Methods: Ovariectomy was performed in female WT, Tac1-/- and α-CGRP-/- mice (age 8-9 weeks) (all strains are C57Bl/6J), intramedullary fixed femoral fractures were set in the left femora 28 days later. Pain threshold (Dynamic Plantar Aesthesiometer Test for touch sensibility; Ugo Basile) and locomotion (recorded at daylight/night for 1 hour, Software: EthoVision®XT; Noldus Information Technology) were analyzed at 5, 9, 13, 16 and 21 days after fracture. At each time point, fractured femora were fixed, decalcified and embedded in paraffin for histochemical analysis of callus tissue composition (alcian blue/sirius red staining).
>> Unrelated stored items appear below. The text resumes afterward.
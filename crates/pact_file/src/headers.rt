//! The headers of a response.

ghost use Rattle.std.specs.Prelude.{◌≡◌, map, option_map, string_bytes, IfOk};
ghost use Rattle.std.specs.Prelude.{MatchOption, Some, None};
ghost use Rattle.std.specs.List.{IsAllAdjacentAnswer};
ghost use Rattle.std.specs.List.Sorted.{IsPermutation, IsSorted};
ghost use Rattle.std.specs.Ordering.{is_lt};
ghost use Rattle.serde_json.specs.Find.{as_str};
ghost use Rattle.serde_json.specs.View.{view, members_view};
ghost use Rattle.pact_file.specs.Headers.{HasTwins, HasHeaders, LacksHeaders};
ghost use Rattle.pact_file.specs.Pact.{name_cmp};
ghost use Rattle.pact_file.specs.Parts.{all_of, joined, header_value, header_in, members_listed, headers_found};
ghost use Rattle.pact_file.specs.Sets.{IsSetInOrder};

use crate::pact::Header;
use crate::parts::optional_member;
use crate::texts::push_separated;
use serde_json::{Map, Value};
use std::alloc::{AllocError, Global};

/// The texts of a list, with a comma and a space between each two.
fn read_joined(alloc: Global, items: &[Value]) -> Result<Option<String>, AllocError>
    ensures { IfOk result (λ o.
        option_map string_bytes o ≡ option_map joined (all_of as_str (map view items.now))) }
{
    let mut text = String::new(alloc);
    for (index, item) in items.iter().enumerate() {
        match item.as_str() {
            Some(part) => push_separated(&mut text, index, ", ", part)?,
            None => return Ok(None),
        }
    }
    Ok(Some(text))
}

#[tactic(auto, using(crate::proofs::Lists::listed_view))]
fn read_value(alloc: Global, value: &Value) -> Result<Option<String>, AllocError>
    ensures { IfOk result (λ o. option_map string_bytes o ≡ header_value (view value.now)) }
{
    match value.as_str() {
        Some(text) => Ok(Some(String::from_str(alloc, text)?)),
        None => match value.as_array() {
            Some(items) => read_joined(alloc, items),
            None => Ok(None),
        },
    }
}

fn read_header(alloc: Global, key: &String, value: &Value) -> Result<Option<Header>, AllocError>
    ensures { IfOk result (λ o. o ≡ header_in (string_bytes key.now, view value.now)) }
{
    let Some(value) = read_value(alloc, value)? else {
        return Ok(None);
    };
    let mut name = key.clone()?;
    name.make_ascii_lowercase();
    Ok(Some(Header { name, value }))
}

fn read_members(
    alloc: Global,
    members: &Map<String, Value>,
) -> Result<Option<Vec<Header>>, AllocError>
    ensures { IfOk result (λ o. option_map (λ v. v.items) o
        ≡ all_of header_in (members_listed (members_view members.now.entries))) }
{
    let mut headers = Vec::new(alloc);
    for (key, member) in members.iter() {
        match read_header(alloc, key, member)? {
            Some(header) => headers.push(header)?,
            None => return Ok(None),
        }
    }
    Ok(Some(headers))
}

/// The headers in the order of the file.
#[tactic(auto, unfolding(crate::specs::Parts::headers_found))]
fn find_headers(alloc: Global, response: &Value) -> Result<Option<Vec<Header>>, AllocError>
    ensures { IfOk result (λ o. option_map (λ v. v.items) o ≡ headers_found (view response.now)) }
{
    let Some(found) = optional_member(response, "headers") else {
        return Ok(Some(Vec::new(alloc)));
    };
    match found.as_object() {
        Some(members) => read_members(alloc, members),
        None => Ok(None),
    }
}

fn sort_by_name(headers: &mut Vec<Header>)
    ensures moved { IsPermutation headers.old.items headers.new.items }
    ensures sorted { IsSorted name_cmp headers.new.items }
{
    headers.sort_unstable_by(|left, right| left.name.cmp(&right.name));
}

/// Whether each name is below the next one.
fn names_rise(headers: &[Header]) -> bool
    ensures { IsAllAdjacentAnswer (λ x y b. b ≡ is_lt (name_cmp x y)) headers.now result }
{
    headers.is_sorted_by(|left, right| left.name.cmp(&right.name).is_lt())
}

/// The headers in the order of their names, unless two have one name.
fn in_name_order(found: Vec<Header>) -> Option<Vec<Header>>
    ensures { MatchOption result (HasTwins found.items)
        (λ v. (¬ HasTwins found.items) × IsSetInOrder name_cmp found.items v.items) }
{
    let mut headers = found;
    sort_by_name(&mut headers);
    if names_rise(&headers) {
        Some(headers)
    } else {
        None
    }
}

/// The headers of a response or a reply: an object whose values are texts or lists of texts, which are joined by a
/// comma and a space; no two names equal without ASCII case. They are in the order of their names in lower case; absent
/// headers are none. All else is None. An error means out of memory. (Pact Specification, version 3; the order is this
/// project's own choice.)
pub fn read_headers(alloc: Global, response: &Value) -> Result<Option<Vec<Header>>, AllocError>
    ensures { IfOk result (λ o. MatchOption o
        (LacksHeaders (view response.now)) (λ v. HasHeaders (view response.now) v.items)) }
{
    match find_headers(alloc, response)? {
        Some(found) => Ok(in_name_order(found)),
        None => Ok(None),
    }
}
Results and conclusion: Pain threshold tends to be higher in Tac1-/- mice 13 and 21 days after fracture compared to WT controls. We did not measure significant differences regarding touch sensibility between α-CGRP-/- mice and WT controls but pain threshold was significantly lower in α-CGRP-/- mice 13 and 16 days after fracture when compared to Tac1-/- mice. Locomotion of Tac1-/- mice during daylight was by trend higher 9 days after fracture and significantly higher 16 days after fracture whereas nightly locomotion is reduced compared to WT mice. Analysis of locomotion during daylight or night revealed no differences between α-CGRP-/- and WT mice. During early fracture healing phase, 5 and 9 days after fracture, transition of mesenchymal to cartilaginous callus tissue seems to be faster in α-CGRP-/- mice compared to WT controls. In contrast, fracture callus tissue composition seems to be similar in Tac1-/- and WT mice.
Our data indicate that sensory neuropeptides SP and α-CGRP exert different effects on fracture healing under conditions of experimental osteoporosis. We found differences in locomotion and fracture-related pain processes in the absence of SP during late phases of osteoporotic fracture healing whereas lack of α-CGRP seems to play a more important role in callus maturation during the early phases of osteoporotic fracture healing.